You might not think the guilty pleasure you derive from the entire Jurassic Park film franchise would be so well-defended. Yet there was Amanda Crawford-Staub, an alumni engagement staffer at The Green Program by day, explaining that Michael Chrichton’s rich fictional universe has powerful lessons about our relationship and understanding to the environment. In short, we must not just think if we can do something, we must think if we should. …. Oh, and she was dressed as a dinosaur.


Raphael Xavier grew up on break dancing and hip-hop culture. So you’d think being temporarily paralyzed would destroy everything. Nah. So what’s your excuse?


As a young Black girl going to Philadelphia public schools, Zuri Stone, an educator with YouthBuild, knows representation can mean everything for a kid’s success in school. But in a largely non-white school population, there simply aren’t enough Black and Brown teachers.

Educators must learn the cultural context of the students they teach, and it starts with an acronym she uses for trust: Truth, respect understanding, safety, transparency. “If an educator can’t offer that to a student, you can’t educate,” she said. Remember: “Change happens at the speed of trust”


Kaitlin Thompson brought national nonprofit Little Bellas to Philadelphia, including its programming to train girls and young women to trail ride in collaborative, mentor-rich female environments. So far, they’ve taught 88 girls how to ride bicycles, and she has plenty of photos of cute kids on bicycles in Fairmount Park.


If Kadine Anckle had stayed in Panama, where she grew up, she might not have developed a good enough sense of American culture to shape its very edges, as she does now as a showrunner on Most Expensivest, a web series on Viceland featuring rapper 2 Chainz.

So though she was shocked as a teenager to be moved by her hard-working mother to suburban West Chester, she now sees it as a crucial turning point. Somehow, she said, her white high school friends who taught her how to smoke weed were an important part of that cultural blending. The lesson: Workforce preparedness can come in any manner of ways.


There was a time when Ignite Philly speakers were a crush of technologists and entrepreneurs talking about their work, or sometimes their strange and mostly unrelated or random side passions. This night showed an Ignite far more tilted toward social justice, equity and representation.

But then there was Neil Bardhan, quirky sciences PR guy turned storytelling marketer, who gave a talk about him making a map tracking his favorite breakfast sandwiches in Philadelphia. (At the third Ignite in 2009, two web entrepreneurs launched a sandwich blog.)

As event organizer DiMasi put it, it was “an old-school Ignite talk.”


If you think we’re still working on beating the Philadelphia self-hatred, Kevin Chemidlin has some words for you. Whatever the motivation, the young entrepreneur is 24-episodes into his Philly Who podcast and says he already has 10,000 streams.
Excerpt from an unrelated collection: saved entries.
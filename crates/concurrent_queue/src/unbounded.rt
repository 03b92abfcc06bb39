//! The steps of an unbounded queue: a chain of blocks of 31 slots each, by their numbers.
//!
//! Head and tail count positions; every 32nd position lies between two blocks. The low bit of the tail is the closed mark. The invariants:
//! the call that moves the tail (a push) or the head (a pop) from a position owns the slot of that position; the call that wins a block's
//! last slot alone moves that end to the next block; the pop that counts a block's last read alone retires the block, which is then used
//! again and never freed while the queue lives.

ghost use Rattle.std.specs.Prelude.{◌≡◌, None};
ghost use Rattle.concurrent_queue.specs.machine.BlocksMoves.{answer_as};
ghost use Rattle.concurrent_queue.specs.Deeds.{Ready};
ghost use Rattle.concurrent_queue.specs.machine.BlocksMakes.{BlocksMakes, ProgressMakes, blocks_moves};
ghost use Rattle.concurrent_queue.specs.machine.BlocksWords.{begin, reply_of};
ghost use Rattle.concurrent_queue.specs.Replies.{EndFollows, BlocksFollows};
ghost use Rattle.concurrent_queue.specs.declared.call.QueueAsk.TheVariants as ask;

pub(crate) mod action;
mod ask;
pub(crate) mod ending;
pub(crate) mod fast_path;
mod pop;
mod push;

use crate::call::{QueueAsk, QueueMark, QueueReply, Stepped};
use crate::cells::Cells;
use crate::error::{ForcePushError, PushError};
use crate::seen::Trace;
use crate::unbounded::action::{Progress, UnboundedAction, UnboundedCall, stay};
use crate::unbounded::ask::{
    ask_closed, ask_empty, ask_len, close_load, empty_tail, len_head, len_tail, tell,
};
use crate::unbounded::ending::Ending;
use crate::unbounded::pop::{
    pop_block, pop_count, pop_head, pop_load, pop_look, pop_next, pop_retire, pop_swap, pop_tail,
    pop_take, pop_wait,
};
use crate::unbounded::push::{
    push_add, push_first, push_give, push_link, push_load, push_look, push_make, push_more,
    push_put, push_return, push_shut, push_start, push_store, push_swap, push_turn,
};

/// The call that asks this, before its first step.
pub(crate) fn first<T>(ask: QueueAsk<T>) -> UnboundedCall<T>
    ensures { result ≡ begin ask }
{
    match ask {
        QueueAsk::Push(value) => UnboundedCall {
            displacing: false,
            action: UnboundedAction::Push(value, None),
        },
        QueueAsk::ForcePush(value) => UnboundedCall {
            displacing: true,
            action: UnboundedAction::Push(value, None),
        },
        QueueAsk::Pop => UnboundedCall {
            displacing: false,
            action: UnboundedAction::Pop,
        },
        QueueAsk::Close => UnboundedCall {
            displacing: false,
            action: UnboundedAction::Close,
        },
        QueueAsk::IsClosed => UnboundedCall {
            displacing: false,
            action: UnboundedAction::AskClosed,
        },
        QueueAsk::IsEmpty => UnboundedCall {
            displacing: false,
            action: UnboundedAction::AskEmpty,
        },
        QueueAsk::IsFull => UnboundedCall {
            displacing: false,
            action: UnboundedAction::AskFull,
        },
        QueueAsk::Len => UnboundedCall {
            displacing: false,
            action: UnboundedAction::AskLen,
        },
        QueueAsk::Capacity => UnboundedCall {
            displacing: false,
            action: UnboundedAction::AskCapacity,
        },
    }
}

/// The one step of the question how many messages it can hold, which touches no cell.
#[inline(always)]
pub(crate) fn capacity<T: Drop, S: Trace<T>>(trace: &S) -> Stepped<UnboundedCall<T>, T>
    ensures answers { BlocksFollows (begin ask.Capacity) result }
    ensures deed { BlocksMakes S.did trace.now (begin ask.Capacity) trace.now result }
{
    Stepped {
        action: UnboundedCall {
            displacing: false,
            action: UnboundedAction::Finished,
        },
        mark: QueueMark::Nothing,
        reply: Some(QueueReply::Cap(None)),
    }
}

/// One step of a call: one operation on one word or slot, or one section of the spare list.
pub(crate) fn step<T: Drop, C: Cells<T>>(
    call: UnboundedCall<T>,
    cells: &mut C,
) -> Stepped<UnboundedCall<T>, T>
    requires ready { Ready C.may (blocks_moves call.action) cells.old }
    ensures answers { BlocksFollows call result }
    ensures deed { BlocksMakes C.did cells.old call cells.new result }
{
    let displacing = call.displacing;
    let progress = step_unbounded(call.action, cells);
    Stepped {
        action: UnboundedCall {
            displacing,
            action: progress.action,
        },
        mark: progress.mark,
        reply: answer(displacing, progress.ending),
    }
}

/// What a step answers, if it ended the call.
fn answer<T: Drop>(displacing: bool, ending: Option<Ending<T>>) -> Option<QueueReply<T>>
    ensures { result ≡ reply_of displacing ending }
{
    match ending {
        Some(ending) => Some(reply_to(displacing, ending)),
        None => None,
    }
}

/// One step of the machine that a push and a displacing push share, and of all others.
fn step_unbounded<T: Drop, C: Cells<T>>(action: UnboundedAction<T>, cells: &mut C) -> Progress<T>
    requires ready { Ready C.may (blocks_moves action) cells.old }
    ensures ends { EndFollows action result }
    ensures deed { ProgressMakes C.did cells.old action cells.new result }
{
    match action {
        UnboundedAction::Push(value, held) => push_load(value, held, cells),
        UnboundedAction::PushShut(value, held) => push_shut(value, held, cells),
        UnboundedAction::PushReturn(value, held) => push_return(value, held, cells),
        UnboundedAction::PushLook(value, tail, held) => push_look(value, tail, held, cells),
        UnboundedAction::PushMake(value, tail) => push_make(value, tail, cells),
        UnboundedAction::PushFirst(value, tail, held) => push_first(value, tail, held, cells),
        UnboundedAction::PushStart(value, tail, block) => push_start(value, tail, block, cells),
        UnboundedAction::PushMore(value, tail, block) => push_more(value, tail, block, cells),
        UnboundedAction::PushSwap(value, tail, block, held) => push_swap(
            value, tail, block, held, cells,
        ),
        UnboundedAction::PushTurn(value, tail, block, next) => push_turn(
            value, tail, block, next, cells,
        ),
        UnboundedAction::PushAdd(value, tail, block, next) => push_add(
            value, tail, block, next, cells,
        ),
        UnboundedAction::PushLink(value, tail, block, next) => push_link(
            value, tail, block, next, cells,
        ),
        UnboundedAction::PushPut(value, tail, block, held) => push_put(
            value, tail, block, held, cells,
        ),
        UnboundedAction::PushStore(tail, block, held) => push_store(tail, block, held, cells),
        UnboundedAction::PushGive(held) => push_give(held, cells),
        UnboundedAction::Pop => pop_load(cells),
        UnboundedAction::PopLook(head) => pop_look(head, cells),
        UnboundedAction::PopTail(head, block) => pop_tail(head, block, cells),
        UnboundedAction::PopSwap(head, block) => pop_swap(head, block, cells),
        UnboundedAction::PopNext(head, block) => pop_next(head, block, cells),
        UnboundedAction::PopBlock(head, block, next) => pop_block(head, block, next, cells),
        UnboundedAction::PopHead(head, block) => pop_head(head, block, cells),
        UnboundedAction::PopWait(head, block) => pop_wait(head, block, cells),
        UnboundedAction::PopTake(head, block) => pop_take(head, block, cells),
        UnboundedAction::PopCount(head, block, value) => pop_count(head, block, value, cells),
        UnboundedAction::PopRetire(_, block, value) => pop_retire(block, value, cells),
        UnboundedAction::Close => close_load(cells),
        UnboundedAction::AskClosed => ask_closed(cells),
        UnboundedAction::AskEmpty => ask_empty(cells),
        UnboundedAction::EmptyTail(head) => empty_tail(head, cells),
        UnboundedAction::AskFull => tell(QueueReply::Flag(false)),
        UnboundedAction::AskLen => ask_len(cells),
        UnboundedAction::LenHead(tail) => len_head(tail, cells),
        UnboundedAction::LenTail(tail, head) => len_tail(tail, head, cells),
        UnboundedAction::AskCapacity => tell(QueueReply::Cap(None)),
        UnboundedAction::Finished => stay(UnboundedAction::Finished),
    }
}

/// What a call answers that ends so; `displacing` tells a displacing push, which never displaces here, from a push.
fn reply_to<T: Drop>(displacing: bool, ending: Ending<T>) -> QueueReply<T>
    ensures { result ≡ answer_as displacing ending }
{
    match ending {
        Ending::Sent => {
            if displacing {
                QueueReply::Force(Ok(None))
            } else {
                QueueReply::Push(Ok(()))
            }
        }
        Ending::Closed(value) => {
            if displacing {
                QueueReply::Force(Err(ForcePushError::Closed(value)))
            } else {
                QueueReply::Push(Err(PushError::Closed(value)))
            }
        }
        Ending::NoMemory(value) => {
            if displacing {
                QueueReply::Force(Err(ForcePushError::NoMemory(value)))
            } else {
                QueueReply::Push(Err(PushError::NoMemory(value)))
            }
        }
        Ending::Replied(reply) => reply,
    }
}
Give it a listen — hey, this writer was even on an episode. “My mission is to convince Philadelphia of its greatness,” he said.


Diversity recruiter Kenneth Johnson wants you to make sure companies don’t need him anymore. So ask your own organization about its diversity plan.


As has become customary at Ignite, event organizers gave a $1,000 check to a previous speaker. This time, Michael O’Bryan accepted on behalf of the Village of Arts and Humanities, the celebrated North Philadelphia youth and culture community center.